[Stored data]
□ □ □

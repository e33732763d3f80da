//! The program `rule_cases`: case files about the rules of topologies, selections, attempts and checks.
//!
//! `rule_cases FILE..` runs the files as `case_files` says. A file's first step, `about PART`, says what the file is about, and
//! its fact `about` is the same line. Behind it stand the steps of that part, as its module says:
//!
//! - [`attempts`]: one command's attempts and one server's checks, `write_retry` and `watch_step`;
//! - [`selections`]: the selections of servers, `read_pref` and `server_pick`;
//! - [`topologies`]: hello replies, topologies and the books of accepted events, `hello_reply`, `topo_rules` and `topo_book`.
#![tactic(auto)]

mod attempts;
mod cases;
mod selections;
mod servers;
mod topologies;

use case_files::run_files;
use cases::Cases;
use std::io;
use std::process::ExitCode;

fn main(rt: HostRuntime) -> io::Result<ExitCode> {
    run_files(&rt, &mut Cases::Unnamed)
}
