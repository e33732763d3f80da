//! The command of one JSON value, by the table of a line's members.

ghost use Rattle.std.specs.Prelude.{◌≡◌, Ok, IfOk, IfErr};
ghost use Rattle.serde_json.specs.View.{members_view, view};
ghost use Rattle.script_text.specs.Commands.{Stops, act_in, command_from};
ghost use Rattle.script_text.specs.Members.{are_of, has_members_of, is_name_of};

use crate::ScriptKind;
use crate::acts::{delete_of, find_of, insert_of, modify_of, update_of};
use crate::head::{Head, head_at};
use crate::member::Member;
use crate::stop::LineStop;
use crate::values::op_at;
use cmd_build::{Command, Op};
use serde_json::{Map, Value};
use std::alloc::Global;

/// The command that a JSON value is, or its first fault.
#[tactic(auto, unfolding(crate::specs::Commands::command_from))]
pub fn command_of(alloc: Global, value: &Value) -> Result<Command, LineStop>
    ensures ok { IfOk result (λ c. command_from (view value.now) ≡ Ok c) }
    ensures stop { IfErr result (λ s. Stops s (command_from (view value.now))) }
{
    let Some(op) = op_at(value) else {
        return Err(LineStop::Fault(ScriptKind::Shape));
    };
    if !knows_members(op, value) {
        return Err(LineStop::Fault(ScriptKind::Shape));
    }
    let head = match head_at(alloc, value) {
        Ok(Some(head)) => head,
        Ok(None) => return Err(LineStop::Fault(ScriptKind::Shape)),
        Err(_) => return Err(LineStop::Memory),
    };
    act_of(alloc, op, head, value)
}

/// The command of that head, by what it does.
fn act_of(alloc: Global, op: Op, head: Head, value: &Value) -> Result<Command, LineStop>
    ensures ok { IfOk result (λ c. act_in op head (view value.now) ≡ Ok c) }
    ensures stop { IfErr result (λ s. Stops s (act_in op head (view value.now))) }
{
    match op {
        Op::Insert => insert_of(alloc, head, value),
        Op::Update => update_of(alloc, head, value),
        Op::Delete => delete_of(alloc, head, value),
        Op::FindAndModify => modify_of(alloc, head, value),
        Op::Find => find_of(alloc, head, value),
    }
}

/// Whether the value is an object whose members are all for that command.
fn knows_members(op: Op, value: &Value) -> bool
    ensures { result ≡ has_members_of op (view value.now) }
{
    match value {
        Value::Object(members) => are_all_known(op, members),
        _ => false,
    }
}

/// Whether each member is for that command.
fn are_all_known(op: Op, members: &Map<String, Value>) -> bool
    ensures { result ≡ are_of op (members_view members.now.entries) }
{
    for (key, _) in members.iter() {
        if !is_known(op, key.as_str()) {
            return false;
        }
    }
    true
}

/// Whether the line of such a command may have a member of that name.
fn is_known(op: Op, name: &str) -> bool
    ensures { result ≡ is_name_of op name.now }
{
    match Member::from_name(name) {
        Some(member) => member.is_of(op),
        None => false,
    }
}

□ □ □

TASK: Where a line above contains the string "attempts", copy that line.

ANSWER BOX:
//! The program `rule_cases`: case files about the rules of topologies, selections, attempts and checks.
//! - [`attempts`]: one command's attempts and one server's checks, `write_retry` and `watch_step`;
mod attempts;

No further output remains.